To his rescue comes a crazed but witty home­less man named Parry (Robin Williams), who tells Jack he’s destined for great things — all he has to do is find the Holy Grail (conveni­ently located in mid-town Manhattan) and save Parry’s soul. He also wants Jack to help him out with the woman of his dreams, Lydia Sinclair (Amanda Plummer), a shy type who works at a publishing company. Parry was once a univer­sity professor became unglued by a tragic event in his past; Jack soon real­izes that to save himself, he first must save Parry’.

by Paul Brenner, from Rotten Tomatoes

Terry Gilliam talks about The Fisher King

The Scene

Terry Gilliam’s forays into the world of myth­o­logy can be excess­ively whim­sical at times but they are never twee or sanit­ised. Fisher King may lack the dark over­tones of Brazil but it is at least grounded in the modern world and, despite the pres­ence of Robin Williams, it mainly avoids self-indulgence.

Trans­posing the grail myth to modern day New York, the film some­times strains to make a fit. But, at its best, there is a pleasing mischiev­ous­ness in the way that it subverts classic arche­types; as in this scene in which the ‘damsel in distress’ is trans­formed into ‘ a gay bum’ figure and the script gener­ally avoids patron­ising its char­ac­ters (a refer­ence to all of the gay man’s friends dying  – presum­ably of Aids – is handled with subtlety).
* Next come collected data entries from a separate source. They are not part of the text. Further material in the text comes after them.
//! A decision log in the tables of a database, in a file or in memory: the log of an XA transaction manager that outlives
//! its process. What a decision log promises stands in `xa_log`, with a log in memory and one that fails by a plan.
#![tactic(auto)]

mod decisions;
mod fields;
mod groups;
mod heuristics;
mod label;
mod layout;
mod meta;
mod participants;
mod removals;
mod rows;
mod shutting;
mod sql_log;
mod statements;
mod tables;
mod version;

pub use label::is_label;
pub use shutting::LogHead;
pub use sql_log::{LockFault, SqlLog, journal_path, memory_is_honest};
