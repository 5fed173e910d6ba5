//! The branches that a decision waits for.
ghost use Rattle.std.specs.Prelude.{map, ◌≡◌, ◌≢◌, Some, IsSomeAnd, IfOk, IfErr};
ghost use Rattle.sqlite.specs.State.{HasCleanDisk};
ghost use Rattle.sqlite.specs.Held.{state};
ghost use Rattle.xa_base.specs.Branch.{branch_cmp};
ghost use Rattle.xa_log.specs.Contract.{FitsRow};
ghost use Rattle.xa_log.specs.Content.{participants_of};
ghost use Rattle.xa_log.specs.KeySet.{from_list, items};
ghost use Rattle.xa_sql_log.specs.Rows.{participant_from};
ghost use Rattle.xa_sql_log.specs.Sql.{IsOrderly, content_in, OnlyReads};
ghost use Rattle.xa_log.specs.declared.log_fault.LogFault.{LogFault};

use crate::fields;
use crate::statements::{ask, stored};
use sqlite::{Alter, Connection, Row, params};
use std::collections::BTreeSet;
use xa_base::{Branch, Gtrid};
use xa_log::LogFault;

/// The branches of a transaction that rows name, in the order of their identifiers.
fn listed(g: Gtrid, rows: Vec<Row>) -> Result<Vec<Branch>, LogFault>
    ensures ok { IfOk result (λ list.
        list.items ≡ items (from_list {R = branch_cmp} (map (participant_from g) rows.items))) }
    ensures unspent { IfErr result (λ fault. fault ≢ LogFault.Spent) }
{
    let alloc = *rows.allocator();
    let mut branches = BTreeSet::new(alloc);
    for row in &rows {
        branches.insert(fields::participant(g, row)?)?;
    }
    Ok(branches.into_iter().collect(alloc)?)
}

/// The branches whose xa_commit a transaction waits for, in the order of their identifiers.
pub(crate) fn participants<S: Alter>(
    conn: &mut Connection<S>,
    g: Gtrid,
) -> Result<Vec<Branch>, LogFault>
    requires { FitsRow g }
    ensures reads { OnlyReads (state S.Store conn.old) (state S.Store conn.new) }
    ensures ok { IsOrderly (state S.Store conn.old) → HasCleanDisk (state S.Store conn.new) →
        IfOk result (λ list. IsSomeAnd (content_in (state S.Store conn.old)) (λ c.
        (content_in (state S.Store conn.new) ≡ Some c)
        × (list.items ≡ items (participants_of c g)))) }
    ensures unspent { IfErr result (λ fault. fault ≢ LogFault.Spent) }
{
    let rows = ask(
        conn,
        "SELECT thread, rm FROM participant WHERE inc = ?1 AND seq = ?2",
        params![stored(g.incarnation), stored(g.sequence)],
    )?;
    listed(g, rows)
}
Gilliam contrib­utes his own unique visual style; including sly refer­ences to famous artists (both Hogarth and Michaelangelo’s Pieta are parodied in the Bellevue scene). He also proves the sound­ness of his instincts for what works on screen: the substi­tu­tion of the ‘waltz scene‘ in Grand Central Station for what was in the original script being one inspired example (see inter­view above).